Tegoroczne Boże Narodzenie uderzy nas mocno po kieszeniach. Na drogą żywność jesteśmy skazani
Fala podwyżek cen trwa w najlepsze. W październiku inflacja wyniosła 2,1 proc. w porównaniu do tego samego miesiąca ubiegłego roku. Tyle ogólna statystyka, bardziej bolesne są dane szczegółowe. W zawrotnym tempie drożeje bowiem żywność. W porównaniu z październikiem ubiegłego roku ceny są już wyższe o 5,8 procenta. Tylko w ciągu ostatniego miesiąca podskoczyły o jeden procent.
Co najgorsze, drożeją produkty podstawowe. W porównaniu z wrześniem w październiku najbardziej podrożały warzywa (prawie o 7 proc.), jaja (o ponad 5 proc.) i - standardowo już - masło (o ponad 3 proc.). Na dalszych miejscach mamy między innymi owoce, mleko i sery.
Niewielkim pocieszeniem jest fakt, że spadły nieco ceny mięsa (średnio o 0,4 proc.), mąki i cukru. Topić smutki z powodu wyższych cen możemy też w taniejącym alkoholu.
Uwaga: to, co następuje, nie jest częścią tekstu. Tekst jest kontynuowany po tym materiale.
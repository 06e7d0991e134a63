//! How the places that a circuit keeps go on with its log.

ghost use Rattle.std.specs.Prelude.{◌≡◌, ◌≢◌, ◌<◌, ◌+◌, ◌∷◌, [], ℕ, List, length, position, replicate, IsTrue, IsFalse, Some, None};
ghost use Rattle.tor_spec.specs.RelayCell.{begin_command, data_command, end_command, sendme_command};
ghost use Rattle.tor_spec.specs.Extend.{Address};
ghost use Rattle.circuit_model.specs.Events.{Event};
ghost use Rattle.circuit_model.specs.declared.event.Event.TheVariants.{Connected, Data, Drained, Ended, Freed};
ghost use Rattle.circuit_model.specs.Log.{Log, Entry, Message, StreamKey, closing, is_closed};
ghost use Rattle.circuit_model.specs.declared.effects.Order.TheVariants.{Reach};
ghost use Rattle.circuit_model.specs.Rules.{Rules};
ghost use Rattle.circuit_model.specs.Places.{Place, live_place, place_at, place_of, places};
ghost use Rattle.circuit_model.specs.Received.{message_at};
ghost use Rattle.circuit_model.specs.Effects.{effects_after};
ghost use Rattle.circuit_model.specs.Words.{entry_after, log};
ghost use Rattle.stream_edge.specs.PlacesState.{PlacesState, held_at, with_held};
ghost use Rattle.stream_edge.specs.Streams.{after_accepting, after_credit, after_packaging, after_draining, begun, is_free, may_drain};
ghost use Rattle.stream_edge.specs.declared.placed_stream.PlacedStream.{PlacedStream};
ghost use Rattle.circ_relay.specs.PlacesOfLog.{AreNamed, ArePlaces, IsSilent, is_edge_report};

use stream_edge::Phase;

/// An entry that makes no place and says nothing of one leaves the places as they are.
pub fn silent_entries_leave_the_places()
    ensures { (state new : PlacesState) (log : Log) (entry : Entry) →
        new.streams ≡ state.streams → new.next_serial ≡ state.next_serial → place_of entry.effects.edge ≡ None →
        ((serial : ℕ) → IsSilent entry serial) → ArePlaces state log → ArePlaces new (entry ∷ log) }
{}

/// The count of calls says nothing of a log.
pub fn calls_alone_leave_the_places()
    ensures { (state new : PlacesState) (log : Log) → new.streams ≡ state.streams → new.next_serial ≡ state.next_serial →
        ArePlaces state log → ArePlaces new log }
{}

/// At first no place is taken.
pub fn no_places_are_those_of_no_log()
    ensures { ArePlaces (record { streams = replicate 32 None; next_serial = 0; calls = 0 }) [] }
{}

/// An accepted BEGIN takes the first free place for its stream.
pub fn an_accepted_begin_takes_a_place()
    ensures { (state : PlacesState) (rules : Rules) (log : Log) (e : Event) (m : Message) (place id : ℕ) (to : Address) →
        ArePlaces state log → message_at log e ≡ Some m → m.command ≡ begin_command →
        (effects_after rules log e).edge ≡ Some (Reach (record { stream = id; serial = length (places log) }) to) →
        position is_free state.streams ≡ Some place →
        ArePlaces (record (with_held state place (Some (begun id state.next_serial))) { next_serial = state.next_serial + 1 }) (entry_after rules log e ∷ log) }
{}

/// A stream that is connected is Joined.
pub fn connected_streams_are_joined()
    ensures { (state : PlacesState) (rules : Rules) (log : Log) (place : ℕ) (h : PlacedStream) →
        ArePlaces state log → held_at state place ≡ Some h → h.phase ≡ Phase.Reaching →
        ArePlaces (with_held state place (Some (record h { phase = Phase.Joined }))) (entry_after rules log (Connected h.serial) ∷ log) }
{}

/// Bytes of a stream's connection are packaged, also where there are none.
pub fn bytes_are_packaged()
    ensures { (state : PlacesState) (rules : Rules) (log : Log) (place : ℕ) (h : PlacedStream) (bytes : List ℕ) →
        ArePlaces state log → held_at state place ≡ Some h →
        ArePlaces (with_held state place (Some (after_packaging h))) (entry_after rules log (Data h.serial bytes) ∷ log) }
{}

/// An accepted DATA that its connection has taken is drained.
pub fn taken_cells_are_drained()
    ensures { (state : PlacesState) (rules : Rules) (log : Log) (place : ℕ) (h : PlacedStream) →
        ArePlaces state log → held_at state place ≡ Some h → IsTrue (may_drain h) →
        ArePlaces (with_held state place (Some (after_draining h))) (entry_after rules log (Drained h.serial) ∷ log) }
{}

/// A stream whose connection ended is Ending.
pub fn ended_streams_are_ending()
    ensures { (state : PlacesState) (rules : Rules) (log : Log) (place : ℕ) (h : PlacedStream) (reason : ℕ) →
        ArePlaces state log → IsFalse (is_closed log) → held_at state place ≡ Some h →
        ArePlaces (with_held state place (Some (record h { phase = Phase.Ending }))) (entry_after rules log (Ended h.serial reason) ∷ log) }
{}

/// A place that was given back holds nothing.
pub fn freed_places_hold_nothing()
    ensures { (state : PlacesState) (rules : Rules) (log : Log) (place : ℕ) (h : PlacedStream) →
        ArePlaces state log → held_at state place ≡ Some h →
        ArePlaces (with_held state place None) (entry_after rules log (Freed h.serial) ∷ log) }
{}

/// A live stream that an END ends is Ending.
pub fn an_end_message_ends_its_stream()
    ensures { (state : PlacesState) (rules : Rules) (log : Log) (e : Event) (m : Message) (place : ℕ) (h : PlacedStream) →
        ArePlaces state log → message_at log e ≡ Some m → m.command ≡ end_command → m.place ≡ Some h.serial →
        held_at state place ≡ Some h →
        ArePlaces (with_held state place (Some (record h { phase = Phase.Ending }))) (entry_after rules log e ∷ log) }
{}

/// A DATA for a live stream is accepted where the stream's window allows it; else nothing is counted.
pub fn a_data_message_is_accepted_by_its_window()
    ensures { (state : PlacesState) (rules : Rules) (log : Log) (e : Event) (m : Message) (place : ℕ) (h : PlacedStream) →
        ArePlaces state log → message_at log e ≡ Some m → m.command ≡ data_command → m.place ≡ Some h.serial →
        held_at state place ≡ Some h →
        ArePlaces (with_held state place (Some (after_accepting h))) (entry_after rules log e ∷ log) }
{}

/// A SENDME for a live stream raises its window where the window stays at or below its start; else
/// nothing is counted.
pub fn a_sendme_raises_the_window_of_its_stream()
    ensures { (state : PlacesState) (rules : Rules) (log : Log) (e : Event) (m : Message) (place : ℕ) (h : PlacedStream) →
        ArePlaces state log → message_at log e ≡ Some m → m.command ≡ sendme_command → 0 < m.stream → m.place ≡ Some h.serial →
        held_at state place ≡ Some h →
        ArePlaces (with_held state place (Some (after_credit h))) (entry_after rules log e ∷ log) }
{}

/// Every other event leaves the places as they are: one that is no report of the edge and brings no
/// message, and a message that is for no live stream, of another command than these four, a BEGIN that
/// is refused, or one that closes.
pub fn other_events_leave_the_places()
    ensures no_message { (state : PlacesState) (rules : Rules) (log : Log) (e : Event) → ArePlaces state log →
        message_at log e ≡ None → IsFalse (is_edge_report e) → ArePlaces state (entry_after rules log e ∷ log) }
    ensures no_place { (state : PlacesState) (rules : Rules) (log : Log) (e : Event) (m : Message) → ArePlaces state log →
        message_at log e ≡ Some m → m.command ≢ begin_command → m.place ≡ None → ArePlaces state (entry_after rules log e ∷ log) }
    ensures other_command { (state : PlacesState) (rules : Rules) (log : Log) (e : Event) (m : Message) → ArePlaces state log →
        message_at log e ≡ Some m → m.command ≢ begin_command → m.command ≢ data_command → m.command ≢ end_command →
        m.command ≢ sendme_command →
        ArePlaces state (entry_after rules log e ∷ log) }
    ensures refused { (state : PlacesState) (rules : Rules) (log : Log) (e : Event) (m : Message) → ArePlaces state log →
        message_at log e ≡ Some m → m.command ≡ begin_command → (effects_after rules log e).edge ≡ None →
        ArePlaces state (entry_after rules log e ∷ log) }
    ensures closing { (state : PlacesState) (rules : Rules) (log : Log) (e : Event) (m : Message) (reason : ℕ) →
        ArePlaces state log →
        message_at log e ≡ Some m → effects_after rules log e ≡ closing reason → ArePlaces state (entry_after rules log e ∷ log) }
{}

/// In every log of a history places are numbered in the order of their BEGINs, none has StreamID 0, and
/// a StreamID is live at one place at most.
pub fn places_are_named_in_every_history()
    ensures history { (rules : Rules) (h : List Event) → AreNamed (log rules h) }
    ensures start { AreNamed [] }
    ensures more { (rules : Rules) (log : Log) (e : Event) → AreNamed log → AreNamed (entry_after rules log e ∷ log) }
{}

/// A message names the place at which its StreamID is live; StreamID 0 is live at none.
pub fn a_message_names_its_live_place()
    ensures place { (log : Log) (e : Event) (m : Message) → message_at log e ≡ Some m → m.place ≡ live_place log m.stream }
    ensures zero { (log : Log) → AreNamed log → live_place log 0 ≡ None }
{}

/// A place that was made stays in the log, with its name and its address; an order Reach makes it.
pub fn places_of_a_log_last()
    ensures last { (log : Log) (entry : Entry) (serial : ℕ) (place : Place) →
        place_at log serial ≡ Some place → place_at (entry ∷ log) serial ≡ Some place }
    ensures begin { (log : Log) (entry : Entry) (key : StreamKey) (to : Address) → entry.effects.edge ≡ Some (Reach key to) →
        place_at (entry ∷ log) (length (places log)) ≡ Some (record { key = key; to = to }) }
{}
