// A relay message for this relay.

ghost use Rattle.std.specs.Prelude.{◌≤◌, length};

// A recognised relay cell of a fitting Length.
#[derive(Clone, Copy)]
pub(crate) struct Message<'a> {
    pub(crate) command: u8,
    pub(crate) stream: u16,
    pub(crate) payload: &'a [u8],
    // The forward running digest after this cell.
    pub(crate) digest: [u8; 20],
    // Whether it came in a RELAY_EARLY cell.
    pub(crate) is_early: bool,
    ghost short: { length payload.now ≤ 498 },
}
Ogólny rachunek jest jednak nieubłagany. Średnio o 5,8 procenta wyższe ceny żywności to najgorszy wynik od 2011 roku. I nic nie zapowiada, że sytuacja się poprawi.
Zobacz, jak kształtowała się inflacja w ciągu ostatnich dwóch lat:
Analityk BGK Piotr Dmitrowski wyjaśnia nam, że w najbliższym czasie utrzymają się wyraźne wzrosty cen w tej kategorii. Ich roczna dynamika będzie jednak słabnąć dopiero na przełomie roku, co w znacznym stopniu wynikać będzie z efektów wyższej bazy.
Podobnego zdania są eksperci z PKO BP. "W najbliższych miesiącach ceny żywności prawdopodobnie nadal będą pozostawały na wysokich poziomach m.in. z powodu wysokich cen owoców (skutki wiosennych przymrozków) i tłuszczów jadalnych" - czytamy w komentarzu tego banku do najnowszych danych dotyczących inflacji.
Zobacz też: Walki w dyskontach. Oto ulubiony sport Polaków
Również Bank Zachodni prognozuje, że rosnące ceny żywności będą jednym z motorów napędowych inflacji. W listopadzie ma ona przyspieszyć do 2,3-2,4 proc., w grudniu ewentualnie delikatnie zwolni, ale nadal utrzyma się powyżej 2 proc. - ocenili analitycy banku.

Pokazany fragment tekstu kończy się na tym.